Tuesday, July 14, 2009

Protecting the vulnerable with force

In previous posts, I discussed the mixing of road users with different levels of vulnerability, and varying abilities to harm each other. In the absence of any higher authority, this can turn drivers, cyclists, equestrians and even stronger pedestrians into bullies who abuse the power that speed, weight and protection give them. I also discussed barriers that can be put between road users, and how their value is limited.

Another strategy that can be used to protect the vulnerable is to take a group of strong people and make it their responsibility. Usually this is done with the police and the judiciary, who are given the authority to arrest, fine and jail people who abuse their power. In theory, this is a good idea: make laws, pay people to enforce them, and give them the tools to do the job.

In practice, it somehow fails to work out. I've written several posts about traffic enforcement chiefs who believe their number one priority is to move traffic, public safety officers who believe that anyone outside a car is asking for it, and prosecutors who refuse to charge blatantly negligent homicidal drivers.

Streetsblog has more, including police officers who are bullies themselves, and not disciplined by any superior officers. Today a report from Transportation Alternatives documenting a systemic failure of the NYPD and the District Attorneys to protect, well, anyone from reckless driving.

Part of this can be ascribed to the difficulty of democratically controlling any armed force; while the Mayor nominally controls the NYPD, ever since the 1992 police riot, mayors have been cautious about doing anything that might upset too many officers. The NYPD also has a policy of favoring car patrols over foot patrols, presumably for efficiency, meaning that a much larger portion of the force travels throughout the city in cars than the general population. Combine that with the large number of officers who are recruited from the suburbs and encouraged to park their personal vehicles for free on sidewalks and in bicycle lanes at home and around the precincts, and we can begin to understand why many individual officers identify and empathize with other drivers, and feel no sympathy for or responsibility to protect pedestrians and cyclists.

There is obviously much that can be done to improve enforcement of laws against reckless driving and other abusive behaviors. The T.A. report contains recommendations, and Streetsblog has been doing an admirable job of putting traffic justice on the radar of the candidates to replace Manhattan District Attorney Morgenthau (although apparently not covering Brooklyn D.A. Hynes' reanointment campaign at all).

While we should continue to press our law enforcement agents and judiciary to exercise their responsibilities, the examples I cite above show the limits of this strategy. Barriers are not enough, and the police are not enough.

4 comments:

Jonathan said...

Police are just people, products of their training and environment. Every police officer I've ever talked to has hated writing tickets. It makes sense; who likes to be a disciplinarian, all the time? The results, of course, are lax enforcement, or selective enforcement.
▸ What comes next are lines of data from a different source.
use rp_checker::{Found, check_report};
use std::alloc::Global;
use std::process::Abort;

/// Checks a report.
fn expect(rt: &impl Abort, alloc: Global, report: &[u8], wanted: Found) {
    assert!(rt; report.len() <= 67108864);
    assert_eq!(rt; check_report(alloc, report).expect(rt, "no memory"), wanted);
}

#[test]
fn certificates_need_not_be_the_first(rt: HostRuntime) {
    let table: [&[u8]; 3] = [
        b"> 1 empty box 0 0 0 0 10 10\n  out 37778931862957161709567*(1 0 0 0) 37778931862957161709567*(-1 0 0 0)\n= yes\n",
        b"> 7 empty box 0 0 0 0 10 10\n  out 1*(1 0 0 0) 1*(1 0 0 0) 2*(-1 0 0 0)\n= yes\n",
        b"> 1 empty box 0 0 0 10 10 10\n  in (1 1 1 1)\n  box -1 0 0 10 10 10\n  out 1*(1 0 0 0) 1*(-1 0 0 -1)\n  in (9 9 9 2)\n= no\n",
    ];
    for report in table {
        expect(&rt, rt.alloc(), report, Found::Accepted);
    }
}

#[test]
fn a_changed_line_is_wrong(rt: HostRuntime) {
    let table: [(&[u8], u32); 4] = [
        (
            b"> 1 empty box 0 0 0 0 10 10\n  out 2*(1 0 0 0) 1*(-1 0 0 0)\n= yes\n",
            2,
        ),
        (
            b"> 1 empty box 0 0 0 0 10 10\n  out 1*(1 0 0 0) 1*(-1 0 0 0)\n= no\n",
            3,
        ),
        (b"> 1 empty box 0 0 0 0 10 10\n= yes\n", 2),
        (b"> 2 layer a\n= ok\n> 2 layer b\n= ok\n", 3),
    ];
    for (report, number) in table {
        expect(&rt, rt.alloc(), report, Found::Wrong(number));
    }
}

/// A report of every command that makes, changes or asks for lots.
const LOTS: &[u8] = b"> 1 register a box 0 0 0 4 2 2
  in (0 0 0 1) (0 0 2 1) (0 2 0 1) (4 0 0 1)
  box 0 0 0 4 2 2
= ok
> 2 register b box 4 0 0 6 2 2
  in (4 0 0 1) (4 0 2 1) (4 2 0 1) (6 0 0 1)
  box 4 0 0 6 2 2
= ok
> 3 register c box 5 0 0 8 2 2
  in (5 0 0 1) (5 0 2 1) (5 2 0 1) (8 0 0 1)
  box 5 0 0 8 2 2
  in (5 0 0 1) (5 0 2 1) (5 2 0 1) (6 0 0 1)
= refused overlaps b
> 4 neighbours a
  at (4 0 0 1)
= neighbours 1
= parcel b
> 5 cut a half 1 0 0 -2 e w
  in (2 -16777216 -16777216 1) (2 -16777216 16777216 1) (2 16777216 -16777216 1) (16777216 -16777216 -16777216 1)
  box 2 -16777216 -16777216 16777216 16777216 16777216
  in (4 0 0 1) (4 0 2 1) (4 2 0 1) (2 0 0 1)
  drop (1 0 0 0) 1*(1 0 0 -2) 1*(-1 0 0 0)
  box 2 0 0 4 2 2
  in (4 0 0 1) (4 0 2 1) (4 2 0 1) (2 0 0 1)
  in (0 0 0 1) (0 0 2 1) (0 2 0 1) (2 0 0 1)
  drop (-1 0 0 4) 1*(-1 0 0 2) 1*(1 0 0 -4)
  box 0 0 0 2 2 2
= ok
> 6 subdivide e 2 n box 2 0 0 4 1 2 s box 2 1 0 4 2 2
  in (2 0 0 1) (2 0 2 1) (2 1 0 1) (4 0 0 1)
  box 2 0 0 4 1 2
  in (2 1 0 1) (2 1 2 1) (2 2 0 1) (4 1 0 1)
  box 2 1 0 4 2 2
  in (2 0 0 1) (2 0 2 1) (2 1 0 1) (4 0 0 1)
  out 1*(-1 0 0 4) 1*(1 0 0 -4)
  out 1*(0 1 0 0) 1*(0 -1 0 0)
  out 1*(0 -1 0 1) 1*(0 1 0 -2)
  out 1*(0 0 1 0) 1*(0 0 -1 0)
  out 1*(0 0 -1 2) 1*(0 0 1 -2)
  out 1*(1 0 0 -2) 1*(-1 0 0 2)
  in (2 1 0 1) (2 1 2 1) (2 2 0 1) (4 1 0 1)
  out 1*(-1 0 0 4) 1*(1 0 0 -4)
  out 1*(0 1 0 -1) 1*(0 -1 0 0)
  out 1*(0 -1 0 2) 1*(0 1 0 -2)
  out 1*(0 0 1 0) 1*(0 0 -1 0)
  out 1*(0 0 -1 2) 1*(0 0 1 -2)
  out 1*(1 0 0 -2) 1*(-1 0 0 2)
  in (4 0 0 1) (4 0 2 1) (4 1 0 1) (2 0 0 1)
  out 1*(1 0 0 -2) 1*(-1 0 0 2)
  out 1*(-1 0 0 4) 1*(1 0 0 -4)
  out 1*(0 1 0 0) 1*(0 -1 0 0)
  in (4 2 0 1) (4 2 2 1) (4 1 0 1) (2 2 0 1)
  drop (-1 0 0 4) 1*(-1 0 0 4) 1*(1 0 0 -4)
  drop (0 1 0 0) 1*(0 1 0 0) 1*(0 -1 0 0)
  drop (1 0 0 -2) 1*(1 0 0 -2) 1*(-1 0 0 2)
  drop (0 1 0 0) 1*(0 1 0 -1) 1*(0 -1 0 0)
  box 2 1 0 4 2 2
  out 1*(0 0 1 0) 1*(0 0 -1 0)
  out 1*(0 0 -1 2) 1*(0 0 1 -2)
  in (2 2 0 1) (4 2 0 1) (2 2 2 1) (2 1 0 1)
  out 1*(1 0 0 -2) 1*(-1 0 0 2)
  out 1*(-1 0 0 4) 1*(1 0 0 -4)
  out 1*(0 1 0 -1) 1*(0 -1 0 1)
  out 1*(0 -1 0 2) 1*(0 1 0 -2)
  out 1*(0 0 1 0) 1*(0 0 -1 0)
  out 1*(0 0 -1 2) 1*(0 0 1 -2)
= ok
> 7 consolidate u 2 w n
= ok
> 8 retire b
= ok
> 9 layer rights
= ok
> 10 register b2 box 0 0 0 9 9 9
  in (0 0 0 1) (0 0 9 1) (0 9 0 1) (9 0 0 1)
  box 0 0 0 9 9 9
= ok
> 11 at 1 1 1 1
= parcel b2
> 12 asof 1 1 1 1 1
= nobody
> 13 layer base
= ok
> 14 asof 2 1 1 1 1
= parcel a
> 15 at 3 1 1 2
= parcel u
> 16 history u
= lots 5
= lot a born 1 ended 5
= lot e born 5 ended 6 from a
= lot w born 5 ended 7 from a
= lot n born 6 ended 7 from e
= lot u born 7 live from w n
> 17 audit
= clear 3
> 18 list
= parcels 3
= lot s born 6 live from e
= lot u born 7 live from w n
= lot b2 born 10 live layer rights
";

/// A report of questions about forms.
const FORMS: &[u8] = b"> 1 let a = box 0 0 0 2 2 2
  in (0 0 0 1) (0 0 2 1) (0 2 0 1) (2 0 0 1)
  box 0 0 0 2 2 2
= ok
> 2 let b = or box 0 0 0 1 1 1 box 3 0 0 4 1 1
  in (0 0 0 1) (0 0 1 1) (0 1 0 1) (1 0 0 1)
  box 0 0 0 1 1 1
  in (3 0 0 1) (3 0 1 1) (3 1 0 1) (4 0 0 1)
  box 3 0 0 4 1 1
= ok
> 3 equal name a name b
  in (0 0 0 1) (0 0 1 1) (0 1 0 1) (1 0 0 1)
  out 1*(1 0 0 0) 1*(-1 0 0 0)
  in (2 0 0 1) (2 0 2 1) (2 2 0 1) (1 0 0 1)
  drop (1 0 0 0) 1*(1 0 0 0) 1*(-1 0 0 0)
  drop (1 0 0 0) 1*(1 0 0 -1) 1*(-1 0 0 0)
  box 1 0 0 2 2 2
  out 1*(0 1 0 0) 1*(0 -1 0 0)
  in (0 2 0 1) (0 2 2 1) (0 1 0 1) (1 2 0 1)
  drop (1 0 0 0) 1*(1 0 0 0) 1*(-1 0 0 0)
  drop (-1 0 0 2) 1*(-1 0 0 1) 1*(1 0 0 -2)
  drop (0 1 0 0) 1*(0 1 0 0) 1*(0 -1 0 0)
  drop (0 1 0 0) 1*(0 1 0 -1) 1*(0 -1 0 0)
  box 0 1 0 1 2 2
  out 1*(0 0 1 0) 1*(0 0 -1 0)
  in (0 0 2 1) (0 0 1 1) (0 1 2 1) (1 0 2 1)
  drop (1 0 0 0) 1*(1 0 0 0) 1*(-1 0 0 0)
  drop (-1 0 0 2) 1*(-1 0 0 1) 1*(1 0 0 -2)
  drop (0 1 0 0) 1*(0 1 0 0) 1*(0 -1 0 0)
  drop (0 -1 0 2) 1*(0 -1 0 1) 1*(0 1 0 -2)
  drop (0 0 1 0) 1*(0 0 1 0) 1*(0 0 -1 0)
  drop (0 0 1 0) 1*(0 0 1 -1) 1*(0 0 -1 0)
  box 0 0 1 1 1 2
  in (2 0 0 1) (2 0 2 1) (2 2 0 1) (1 0 0 1)
= no
> 4 contact name a name b
  at (0 0 0 1)
= yes
> 5 rcc name a box 5 0 0 6 1 1
  in (5 0 0 1) (5 0 1 1) (5 1 0 1) (6 0 0 1)
  box 5 0 0 6 1 1
  out 1*(-1 0 0 2) 1*(1 0 0 -5)
  apart 1*(-1 0 0 2) 1*(1 0 0 -5)
= DC
> 6 pieces name b
  apart 1*(-1 0 0 1) 1*(1 0 0 -3)
= pieces 2
= piece 1
= piece 2
> 7 show name b
= parts 2
= part (1 0 0 0) (-1 0 0 1) (0 1 0 0) (0 -1 0 1) (0 0 1 0) (0 0 -1 1)
= part (1 0 0 -3) (-1 0 0 4) (0 1 0 0) (0 -1 0 1) (0 0 1 0) (0 0 -1 1)
";

/// A report of slices, of the second version, and of a chain of lots.
const SLICES_AND_CHAINS: &[u8] = b"> 0 rp 2
> 1 section prism 0.000 0.010 4 0.000 0.000 0.010 0.000 0.010 0.010 0.000 0.010 0.005
  out 1*(0 1 0 0) 1*(0 -1 0 0)
  in (0 0 0 1) (0 0 10 1) (0 10 0 1) (10 0 0 1)
  box 0 0 0 10 10 10
= sections 1
= ring (1 0 0) (0 0 5 1) (0 1 0) (10 0 5 1) (-1 0 10) (10 10 5 1) (0 -1 10) (0 10 5 1)
> 2 register a box 0.000 0.000 0.000 0.010 0.010 0.010
  in (0 0 0 1) (0 0 10 1) (0 10 0 1) (10 0 0 1)
  box 0 0 0 10 10 10
= ok
> 3 register b box 0.010 0.000 0.000 0.020 0.010 0.010
  in (10 0 0 1) (10 0 10 1) (10 10 0 1) (20 0 0 1)
  box 10 0 0 20 10 10
= ok
> 4 access a b
  at (10 0 0 1)
= access 1
= parcel a
= parcel b
= level 1 a
= level 0 b
> 5 empty all
= refused limit
> 6 member all 0.000 0.000 0.000 1
= yes
> 7 walk
= refused syntax
";

#[test]
fn reports_of_each_row_are_accepted(rt: HostRuntime) {
    for report in [LOTS, FORMS, SLICES_AND_CHAINS] {
        expect(&rt, rt.alloc(), report, Found::Accepted);
    }
}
So if you want to stop people making illegal u-turns (for instance), you need to put in medians, not rely on police officers to do the job.

nathan_h said...

Medians don't stop literally every other car from making an illegal u-turn at Tillary and Jay Street on my route home. Although I share the sentiment that physical safety infrastructure is much more reliable and preferable to police enforcement, there are many things it can not do. Ultimately we have to get back to road pricing to both contain the volume of dangerous vehicular traffic and fund the expensive, "hated" human enforcement that it absolutely requires.

Jonathan said...

Nathan, U-turns are legal at intersections in New York State. Is there a no U-turn sign at Tillary and Jay?

nathan_h said...

According to the driver's manual "U-turns are also illegal in business districts of New York City":
http://www.nydmv.state.ny.us/dmanual/chapter05-manual.htm#mku-trn

I'm not sure if downtown Brooklyn is officially a business district; it certainly should be. Intersections aren't mentioned one way or the other.